The film, which I have watched again before writing this review, must have nuances connected with Japanese attitudes towards death which may well escape an anglophone viewer (there are, for example, some references to unfamilar devotional ceremonies). The play wisely concentrates on 'domesticating' the workings of the facility and imbuing some of the characters concerned with a more familiar Englishness: for example Beatrice Killick is very recognisably a type of stalwart no-nonsense Northern woman and her reminiscences of a dance hall where she danced with her brother easily evoke the bygone focus of social life in provincial towns. 

It is a great pleasure to see an intriguing but probably little known film transformed into an equally beguiling play.

Thursday, 29 November 2018

Harry Potter and the Cursed Child

by Jack Thorne

seen at the Palace Theatre on 28 November 2018

JohnTiffany directs this two part play based on 'an original new story' by J. K. Rowling, Jack Thorne and himself, which deals with events immediately following the epilogue of the last Harry Potter book - that is, events in the lives of Harry's children and their peers. As the plays have been running for some time now, the original London cast is no longer in action. Harry Potter is played by Jamie Ballard, Ginny Potter by Susie Trayling, Hermione Granger by Franc Ashman, Ron Weasley by Thomas Aldridge and Draco Malfoy by James Howard. In the younger generation, Albus Potter is played by Joe Idris-Roberts, Rose Granger-Weasey by Helen Aluko, Scorpius Malfoy by Jonathan Case and Delphi Diggory by Eve Ponsonby. The production is designed by Christine Jones.
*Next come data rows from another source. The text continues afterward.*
//! The printed names of faults, of query kinds, of rules and of compared fields.

ghost use Rattle.std.specs.Prelude.{◌≡◌, ◌+◌, ◌≤◌, ◌++◌, length};
ghost use Rattle.jet_refusal.specs.Lines.{image_text, log_fault_name, query_kind, rule_name, field_text};

use crate::line::Line;
use elf_model::ImageKind;
use flow_model::Rule;
use log_model::LogKind;
use replay_model::Field;
use report_model::QueryKind;

/// Why a program is no image, as the whole text of its line.
pub(crate) fn image_text(kind: ImageKind) -> &'static str
    ensures text { result.now ≡ image_text kind }
    ensures short { length result.now ≤ 17 }
{
    match kind {
        ImageKind::Short => "image 1 Short",
        ImageKind::Magic => "image 2 Magic",
        ImageKind::Class => "image 3 Class",
        ImageKind::Kind => "image 4 Kind",
        ImageKind::Machine => "image 5 Machine",
        ImageKind::Header => "image 6 Header",
        ImageKind::Dynamic => "image 7 Dynamic",
        ImageKind::Segment => "image 8 Segment",
        ImageKind::NoSegment => "image 9 NoSegment",
        ImageKind::Entry => "image 10 Entry",
    }
}

/// The number and the name of a log's fault.
pub(crate) fn log_fault_name(kind: LogKind) -> &'static str
    ensures text { result.now ≡ log_fault_name kind }
    ensures short { length result.now ≤ 10 }
{
    match kind {
        LogKind::Magic => "1 Magic",
        LogKind::Header => "2 Header",
        LogKind::Short => "3 Short",
        LogKind::Tag => "4 Tag",
        LogKind::Order => "5 Order",
        LogKind::Result => "6 Result",
        LogKind::Trailing => "7 Trailing",
        LogKind::Bytes => "8 Bytes",
    }
}

/// The name of a query's fault.
pub(crate) fn query_kind(kind: QueryKind) -> &'static str
    ensures text { result.now ≡ query_kind kind }
    ensures short { length result.now ≤ 10 }
{
    match kind {
        QueryKind::BadByte => "BadByte",
        QueryKind::Word => "Word",
        QueryKind::Count => "Count",
        QueryKind::Number => "Number",
        QueryKind::Channel => "Channel",
        QueryKind::Range => "Range",
        QueryKind::SecondRule => "SecondRule",
        QueryKind::NoRule => "NoRule",
    }
}

/// The name of a rule, as queries have it.
pub fn rule_name(rule: Rule) -> &'static str
    ensures text { result.now ≡ rule_name rule }
    ensures short { length result.now ≤ 7 }
{
    match rule {
        Rule::Copy => "copy",
        Rule::Keep => "keep",
        Rule::Compute => "compute",
        Rule::Index => "index",
    }
}

/// Appends the name of a compared field: of a byte, with its place in the write.
pub(crate) fn push_field(line: &mut Line, field: Field)
    requires { length line.old + 45 ≤ 256 }
    ensures text { line.new ≡ line.old ++ field_text field }
    ensures short { length line.new ≤ length line.old + 45 }
{
    match field {
        Field::Event => line.push_str("event"),
        Field::A0 => line.push_str("a0"),
        Field::A1 => line.push_str("a1"),
        Field::A2 => line.push_str("a2"),
        Field::Result => line.push_str("result"),
        Field::Byte(index) => {
            line.push_str("byte ");
            line.push_number(index);
        }
        Field::Number => line.push_str("number"),
        Field::Code => line.push_str("code"),
        Field::Kind => line.push_str("kind"),
        Field::Pc => line.push_str("pc"),
    }
}
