//! What is asked for the nodes of an epoch's log, by walks that visit no node twice.

ghost use Rattle.std.specs.Prelude.{◌≡◌, ◌<◌, ◌≤◌, ◌⊎◌, [], ℕ, true, None, length, slice_index, IfOk, IfSome, OnOk};
ghost use Rattle.lists.specs.Sets.{Ascends, has};
ghost use Rattle.flow_model.specs.Orders.{loc_cmp};
ghost use Rattle.flow_model.specs.declared.Loc.{Loc as Location};
ghost use Rattle.epoch_model.specs.Crossing.{added_all};
ghost use Rattle.stream_model.specs.Streams.{places_needed};
ghost use Rattle.merge_log.specs.Log.{HasOperand, IsNode, terms};
ghost use Rattle.source_labels.specs.Words.{log_of, node_words};
ghost use Rattle.backward_pass.specs.Needs.{AreCountedNow, AreInOrder, AreOfLog, AreWalked, HasNeed, HasStart};
ghost use Rattle.backward_pass.specs.Needs.{IsAmong, IsNeed};

use crate::asking::{add_all, add_start};
use epoch_summary::Asked;
use flow_model::Loc;
use merge_log::{Entry, MergeLog, ascend};
use no_memory::NoMemory;
use source_labels::Nodes;
use std::alloc::Global;
use taint_shadow::{Label, LabelKind};

/// What the nodes of an epoch's log need that were walked: all start locations under them are asked.
#[derive(Drop)]
pub struct NodeNeeds {
    // For a node that was walked one more than how many of the asked locations there are up to the last that is under
    // it, and 0 for any other.
    needs: Vec<usize>,
    // Only the room of these is used again.
    stack: Vec<u32>,
    order: Vec<u32>,
    starts: Vec<Loc>,
}

impl NodeNeeds {
    /// No node was walked. It takes no memory.
    pub fn new(alloc: Global) -> NodeNeeds
        ensures { result.needs.items ≡ [] }
    {
        NodeNeeds {
            needs: Vec::new(alloc),
            stack: Vec::new(alloc),
            order: Vec::new(alloc),
            starts: Vec::new(alloc),
        }
    }

    /// Asks for the start locations of a label. It gives how many of the asked locations there are up to the last of
    /// them. When out of memory, part of them may be asked.
    pub fn ask(&mut self, nodes: &Nodes, label: Label, asked: &mut Asked) -> Result<usize, NoMemory>
        requires stands { node_words.stands nodes.now label }
        requires of_log { AreOfLog (log_of nodes.now) asked.old self.old }
        ensures of_log { AreOfLog (log_of nodes.now) asked.new self.new }
        ensures asked { OnOk result (asked.new ≡ added_all asked.old (node_words.means nodes.now label).starts) }
        ensures needed { IfOk result (λ n. n ≡ places_needed asked.new (node_words.means nodes.now label).starts) }
    {
        match label.kind() {
            LabelKind::Start(loc) => add_start(asked, loc),
            LabelKind::Run(_) => Ok(0),
            LabelKind::Node(node) => self.ask_node(nodes.log(), node, asked),
        }
    }

    /// Asks for the start locations under a node. When out of memory, part of them may be asked, and no node counts as
    /// walked.
    fn ask_node(&mut self, log: &MergeLog, root: u32, asked: &mut Asked) -> Result<usize, NoMemory>
        requires stands { IsNode log.now root }
        requires of_log { AreOfLog log.now asked.old self.old }
        ensures of_log { AreOfLog log.now asked.new self.new }
        ensures asked { OnOk result (asked.new ≡ added_all asked.old (terms log.now root).starts) }
        ensures needed { IfOk result (λ n. n ≡ places_needed asked.new (terms log.now root).starts) }
    {
        if root == 0 {
            return Ok(0);
        }
        log.form(); // so that nodes fit into 32 bits
        fit(&mut self.needs, log.size() as usize)?;
        let noted = self.needs[root as usize];
        if noted > 0 {
            return Ok(noted - 1);
        }
        if let Err(no_memory) = self.ask_new(log, root, asked) {
            self.needs.clear();
            return Err(no_memory);
        }
        Ok(self.needs[root as usize] - 1)
    }

    /// Asks for the start locations under a node that wasn't walked: only those under nodes that weren't are looked up.
    fn ask_new(&mut self, log: &MergeLog, root: u32, asked: &mut Asked) -> Result<(), NoMemory>
        requires above_0 { 0 < root }
        requires stands { IsNode log.now root }
        requires room { length log.now < length self.old.needs.items }
        requires new { slice_index self.old.needs.items root ≡ 0 }
        requires of_log { AreOfLog log.now asked.old self.old }
        ensures of_log { OnOk result (AreOfLog log.now asked.new self.new) }
        ensures room { OnOk result (length self.new.needs.items ≡ length self.old.needs.items) }
        ensures asked { OnOk result (asked.new ≡ added_all asked.old (terms log.now root).starts) }
        ensures needed { OnOk result (HasNeed log.now asked.new self.new.needs.items root) }
    {
        log.form(); // so that the start locations under a node are a set
        walk(
            log,
            root,
            &mut self.needs,
            &mut self.stack,
            &mut self.order,
            &mut self.starts,
        )?;
        ascend(&mut self.starts);
        add_all(&self.starts, asked)?;
        count_all(log, &self.order, &mut self.needs, asked)?;
        Ok(())
    }
}

/// Makes room for the nodes below `size`. Nothing is noted for those that are new.
fn fit(needs: &mut Vec<usize>, size: usize) -> Result<(), NoMemory>
    ensures room { OnOk result (size ≤ length needs.new.items) }
    ensures kept { (n : ℕ) → slice_index needs.new.items n ≡ slice_index needs.old.items n }
{
    if needs.len() < size {
        needs.resize(size, 0)?;
    }
    Ok(())
}

/// Walks the nodes under a node that weren't walked. It gives them in an order in which each stands after its operands,
/// and the start locations among them.
fn walk(
    log: &MergeLog,
    root: u32,
    needs: &mut Vec<usize>,
    stack: &mut Vec<u32>,
    order: &mut Vec<u32>,
    starts: &mut Vec<Loc>,
) -> Result<(), NoMemory>
    requires above_0 { 0 < root }
    requires stands { IsNode log.now root }
    requires room { length log.now < length needs.old.items }
    requires new { slice_index needs.old.items root ≡ 0 }
    ensures walked { OnOk result
        (AreWalked log.now root needs.old.items needs.new.items order.new.items starts.new.items) }
    ensures root { OnOk result (IsAmong order.new.items root) }
{
    log.form(); // so that operands stand before their unions
    order.clear();
    starts.clear();
    stack.clear();
    stack.push(root)?;
    while let Some(node) = stack.pop() {
        match new_operand(log, node, needs) {
            Some(operand) => {
                stack.push(node)?;
                stack.push(operand)?;
            }
            None => {
                needs[node as usize] = 1;
                order.push(node)?;
                note_start(log, node, starts)?;
            }
        }
    }
    Ok(())
}

/// An operand of a node for which nothing is noted.
fn new_operand(log: &MergeLog, node: u32, needs: &[usize]) -> Option<u32>
    requires above_0 { 0 < node }
    requires stands { IsNode log.now node }
    requires room { length log.now < length needs.now }
    ensures operand { IfSome result (HasOperand log.now node) }
    ensures above_0 { IfSome result (λ o. 0 < o) }
    ensures before { IfSome result (λ o. o < node) }
    ensures new { IfSome result (λ o. slice_index needs.now o ≡ 0) }
    ensures none { result ≡ None → (o : ℕ) → HasOperand log.now node o → 0 < slice_index needs.now o }
{
    log.form(); // so that nodes fit into 32 bits
    match log.entry(node) {
        Entry::Source(_) => None,
        Entry::Run { .. } => None,
        Entry::Start(_) => None,
        Entry::Union { left, right } => {
            if needs[left as usize] == 0 {
                return Some(left);
            }
            if needs[right as usize] == 0 {
                return Some(right);
            }
            None
        }
    }
}

/// Notes the start location of a node, if it is that of one.
fn note_start(log: &MergeLog, node: u32, starts: &mut Vec<Loc>) -> Result<(), NoMemory>
    requires above_0 { 0 < node }
    requires stands { IsNode log.now node }
    ensures found { OnOk result (HasStart log.now starts.new.items node) }
    ensures kept { OnOk result ((l : Location) → has loc_cmp l starts.old.items ≡ true
        → has loc_cmp l starts.new.items ≡ true) }
    ensures only { OnOk result ((l : Location) → has loc_cmp l starts.new.items ≡ true
        → (has loc_cmp l starts.old.items ≡ true) ⊎ (has loc_cmp l (terms log.now node).starts ≡ true)) }
{
    match log.entry(node) {
        Entry::Source(_) => Ok(()),
        Entry::Run { .. } => Ok(()),
        Entry::Start(loc) => {
            starts.push(loc)?;
            Ok(())
        }
        Entry::Union { .. } => Ok(()),
    }
}

/// Counts what some nodes need, each of which stands after its operands. Their start locations are asked already.
fn count_all(
    log: &MergeLog,
    order: &[u32],
    needs: &mut Vec<usize>,
    asked: &mut Asked,
) -> Result<(), NoMemory>
    requires nodes { (n : ℕ) → IsAmong order.now n → (0 < n) × (n ≤ length log.now) }
    requires room { length log.now < length needs.old.items }
    requires asked { (n : ℕ) → IsAmong order.now n → HasStart log.now asked.old n }
    requires ordered { AreInOrder log.now (HasNeed log.now asked.old needs.old.items) [] order.now }
    ensures counted { OnOk result (AreCountedNow log.now asked.old order.now needs.old.items needs.new.items) }
    ensures asked { OnOk result (asked.new ≡ asked.old) }
{
    for number in 0..order.len() {
        let node = order[number];
        let need = need_of(log, node, needs, asked)?;
        needs[node as usize] = need;
    }
    Ok(())
}

/// What is to be noted for a node, by what is noted for its operands: one more than it needs.
fn need_of(log: &MergeLog, node: u32, needs: &[usize], asked: &mut Asked) -> Result<usize, NoMemory>
    requires above_0 { 0 < node }
    requires stands { IsNode log.now node }
    requires room { length log.now < length needs.now }
    requires start { HasStart log.now asked.old node }
    requires operands { (o : ℕ) → HasOperand log.now node o → HasNeed log.now asked.old needs.now o }
    ensures need { IfOk result (λ n. IsNeed asked.new (terms log.now node).starts n) }
    ensures asked { OnOk result (asked.new ≡ asked.old) }
{
    log.form(); // so that nodes fit into 32 bits
    match log.entry(node) {
        Entry::Source(_) => Ok(1),
        Entry::Run { .. } => Ok(1),
        Entry::Start(loc) => {
            let needed = add_start(asked, loc)?;
            Ok(needed.min(asked.locations().len()) + 1) // no more than there are, so that it fits
        }
        Entry::Union { left, right } => Ok(needs[left as usize].max(needs[right as usize])),
    }
}
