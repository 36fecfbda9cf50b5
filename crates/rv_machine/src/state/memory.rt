//! The window of memory.

ghost use Rattle.std.specs.Prelude.{◌≡◌, ℕ, ◌+◌, ◌-◌, ◌^◌, ◌<◌, ◌≤◌, ◌⊎◌, length, IsTrue};
ghost use Rattle.isa.specs.Machine.{in_window, bytes_at, little_endian, overwritten, low_bytes, extended};
ghost use Rattle.rv_machine.specs.Effects.{window_of};

use super::HartState;

/// The number that one, two or four bytes stand for, the lowest first.
fn little_endian_of(part: &[u8]) -> u32
    requires { (length part.now ≡ 1) ⊎ (length part.now ≡ 2) ⊎ (length part.now ≡ 4) }
    ensures is { result ≡ little_endian part.now }
    ensures byte { length part.now ≡ 1 → result < 2 ^ 8 }
    ensures half { length part.now ≡ 2 → result < 2 ^ 16 }
{
    match part {
        [a] => u32::from(*a),
        [a, b] => u32::from(u16::from_le_bytes([*a, *b])),
        [a, b, c, d] => u32::from_le_bytes([*a, *b, *c, *d]),
        _ => unreachable!(),
    }
}

/// A number of some bytes with its sign spread over the word.
pub fn extended(value: u32, size: u8, signed: bool) -> u32
    requires sizes { IsTrue signed → (size ≡ 1) ⊎ (size ≡ 2) }
    requires byte { size ≡ 1 → value < 2 ^ 8 }
    requires half { size ≡ 2 → value < 2 ^ 16 }
    ensures { result ≡ extended signed size value }
{
    if !signed {
        value
    } else if size == 1 {
        if value < 0x80 {
            value
        } else {
            value + 0xffff_ff00
        }
    } else if value < 0x8000 {
        value
    } else {
        value + 0xffff_0000
    }
}

/// Whether the `size` bytes from an address on are all in a window. An address below the base wraps to one that is past the
/// window's end.
#[inline(always)]
pub fn in_window(memory: &[u8], base: u32, address: u32, size: u32) -> bool
    requires in_space { base + length memory.now ≤ 2 ^ 32 }
    requires some { 0 < size }
    ensures { result ≡ in_window (window_of base memory.now) address size }
{
    let start = address.wrapping_sub(base);
    u64::from(start) + u64::from(size) <= memory.len() as u64
}

/// The `size` bytes from an address on.
#[inline(always)]
fn part(memory: &[u8], base: u32, address: u32, size: u32) -> &[u8]
    requires { IsTrue (in_window (window_of base memory.now) address size) }
    ensures is { result.now ≡ bytes_at (window_of base memory.now) address size }
    ensures len { length result.now ≡ size }
{
    let start = (address - base) as usize;
    &memory[start..start + size as usize]
}

/// The number in one, two or four bytes of memory.
#[inline(always)]
pub fn load(memory: &[u8], base: u32, address: u32, size: u32) -> u32
    requires inside { IsTrue (in_window (window_of base memory.now) address size) }
    requires sizes { (size ≡ 1) ⊎ (size ≡ 2) ⊎ (size ≡ 4) }
    ensures is { result ≡ little_endian (bytes_at (window_of base memory.now) address size) }
    ensures byte { size ≡ 1 → result < 2 ^ 8 }
    ensures half { size ≡ 2 → result < 2 ^ 16 }
{
    little_endian_of(part(memory, base, address, size))
}

/// Bytes go to memory from an address on.
#[inline(always)]
fn store(memory: &mut [u8], base: u32, address: u32, bytes: &[u8])
    requires { IsTrue (in_window (window_of base memory.old) address (length bytes.now)) }
    ensures { memory.new ≡ overwritten memory.old (address - base) bytes.now }
{
    let start = (address - base) as usize;
    memory[start..start + bytes.len()].copy_from_slice(bytes);
}

/// The `size` lowest bytes of a word go to memory. Each size is copied by itself, since a copy of any length is a call.
#[inline(always)]
pub fn store_low(memory: &mut [u8], base: u32, address: u32, value: u32, size: u8)
    requires inside { IsTrue (in_window (window_of base memory.old) address size) }
    requires sizes { (size ≡ 1) ⊎ (size ≡ 2) ⊎ (size ≡ 4) }
    ensures { memory.new ≡ overwritten memory.old (address - base) (low_bytes size value) }
{
    let bytes = value.to_le_bytes();
    match size {
        1 => store(memory, base, address, &bytes[..1]),
        2 => store(memory, base, address, &bytes[..2]),
        _ => store(memory, base, address, &bytes),
    }
}

impl HartState {
    /// Whether the `size` bytes from an address on are all in the window.
    pub fn in_window(&self, address: u32, size: u32) -> bool
        requires { 0 < size }
        ensures { result ≡ in_window self.now address size }
    {
        in_window(self.memory.as_slice(), self.base, address, size)
    }

    /// The `size` bytes from an address on.
    pub fn part(&self, address: u32, size: u32) -> &[u8]
        requires { IsTrue (in_window self.now address size) }
        ensures { result.now ≡ bytes_at self.now address size }
    {
        part(self.memory.as_slice(), self.base, address, size)
    }

    /// The number in the four bytes at the pc.
    pub fn fetched(&self) -> u32
        requires { IsTrue (in_window self.now self.now.pc 4) }
        ensures { result ≡ little_endian (bytes_at self.now self.now.pc 4) }
    {
        load(self.memory.as_slice(), self.base, self.pc, 4)
    }

    /// Bytes go to memory from an address on.
    pub fn store(&mut self, address: u32, bytes: &[u8])
        requires { IsTrue (in_window self.old address (length bytes.now)) }
        ensures { self.new ≡ record self.old {
          memory = overwritten self.old.memory
              (address - self.old.base) bytes.now;
        } }
    {
        store(self.memory.as_mut_slice(), self.base, address, bytes);
    }
}
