//! The pass backwards: an epoch's node asks the previous node for what its epoch needs.
//!
//! Crates above rest on this: `Back::event` is the event of the definitions (`asking_event` of `stream_model`) for some
//! links. It is NotYet only where the one link that it needs refused in this call, and Over exactly where the End is
//! sent. What was sent is a beginning of what is due, and all of it once the pass is over and whole. A node of the
//! epoch's log is walked once: all start locations under it are asked then.
#![tactic(auto)]

mod asking;
mod back;
mod node_needs;

pub use back::Back;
At first, given this time frame and the initial scene-setting of a new generation attending the Hogwarts school, it seems as if the play might be misleadingly named, but later Harry's own participation and predicament receives more attention. In fact, even the earlier scenes are only tangentially reviving audience memories of Hogwarts, as attention focuses on the difficulties youngsters may have being the progeny of famous (or notorious) parents. The increasing richness of the play lies in showing this dilemma from both sides: the anguish and the uncertainty of the parents - really, more specifically, of the fathers Harry and Draco, are just as sympathetically portrayed as the rebellion and frustration of the sons (it has to be said that Rose, the child of the Granger Weasley marriage, is not a particular focus of attention).